**Work instruction**: Copy each line of the following data that contains "name".

**Records to use**:
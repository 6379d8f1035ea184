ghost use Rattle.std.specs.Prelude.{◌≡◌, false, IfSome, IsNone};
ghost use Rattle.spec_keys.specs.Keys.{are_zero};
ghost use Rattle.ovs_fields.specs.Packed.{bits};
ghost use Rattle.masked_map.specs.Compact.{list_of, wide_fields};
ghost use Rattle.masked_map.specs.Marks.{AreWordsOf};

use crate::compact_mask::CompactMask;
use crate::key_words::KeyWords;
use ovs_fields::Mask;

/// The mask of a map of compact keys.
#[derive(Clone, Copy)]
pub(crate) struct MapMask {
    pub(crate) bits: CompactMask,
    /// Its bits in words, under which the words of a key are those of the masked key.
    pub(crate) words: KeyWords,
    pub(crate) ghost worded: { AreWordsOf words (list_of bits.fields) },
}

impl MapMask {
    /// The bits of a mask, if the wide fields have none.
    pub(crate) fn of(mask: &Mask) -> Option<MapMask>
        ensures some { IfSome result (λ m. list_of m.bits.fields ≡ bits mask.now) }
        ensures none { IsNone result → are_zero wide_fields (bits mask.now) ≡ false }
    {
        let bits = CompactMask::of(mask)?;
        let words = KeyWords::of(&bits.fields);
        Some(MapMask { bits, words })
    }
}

...

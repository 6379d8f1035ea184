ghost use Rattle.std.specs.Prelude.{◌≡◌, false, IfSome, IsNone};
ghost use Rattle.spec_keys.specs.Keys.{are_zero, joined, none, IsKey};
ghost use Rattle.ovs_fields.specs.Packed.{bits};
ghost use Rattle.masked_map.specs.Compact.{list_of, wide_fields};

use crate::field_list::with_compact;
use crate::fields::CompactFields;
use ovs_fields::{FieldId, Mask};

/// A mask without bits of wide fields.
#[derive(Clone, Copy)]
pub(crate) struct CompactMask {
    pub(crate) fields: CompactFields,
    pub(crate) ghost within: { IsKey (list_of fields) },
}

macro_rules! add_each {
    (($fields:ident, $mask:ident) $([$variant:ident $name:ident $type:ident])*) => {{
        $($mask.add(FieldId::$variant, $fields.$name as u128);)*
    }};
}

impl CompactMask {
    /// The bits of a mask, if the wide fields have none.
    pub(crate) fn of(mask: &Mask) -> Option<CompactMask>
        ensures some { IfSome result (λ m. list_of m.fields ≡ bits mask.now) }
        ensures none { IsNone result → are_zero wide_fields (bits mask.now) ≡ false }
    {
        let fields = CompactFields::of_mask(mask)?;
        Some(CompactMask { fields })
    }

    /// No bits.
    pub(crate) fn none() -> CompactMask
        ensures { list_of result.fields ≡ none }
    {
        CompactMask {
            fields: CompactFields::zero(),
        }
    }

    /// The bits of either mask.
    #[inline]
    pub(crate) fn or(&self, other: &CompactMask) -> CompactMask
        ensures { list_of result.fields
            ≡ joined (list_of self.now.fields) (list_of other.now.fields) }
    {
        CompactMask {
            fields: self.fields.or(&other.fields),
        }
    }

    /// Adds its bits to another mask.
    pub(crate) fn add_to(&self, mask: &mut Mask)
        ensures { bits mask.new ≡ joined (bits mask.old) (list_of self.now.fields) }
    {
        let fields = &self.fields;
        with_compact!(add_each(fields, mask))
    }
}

**Reply**:
    (($fields:ident, $mask:ident) $([$variant:ident $name:ident $type:ident])*) => {{
        $($mask.add(FieldId::$variant, $fields.$name as u128);)*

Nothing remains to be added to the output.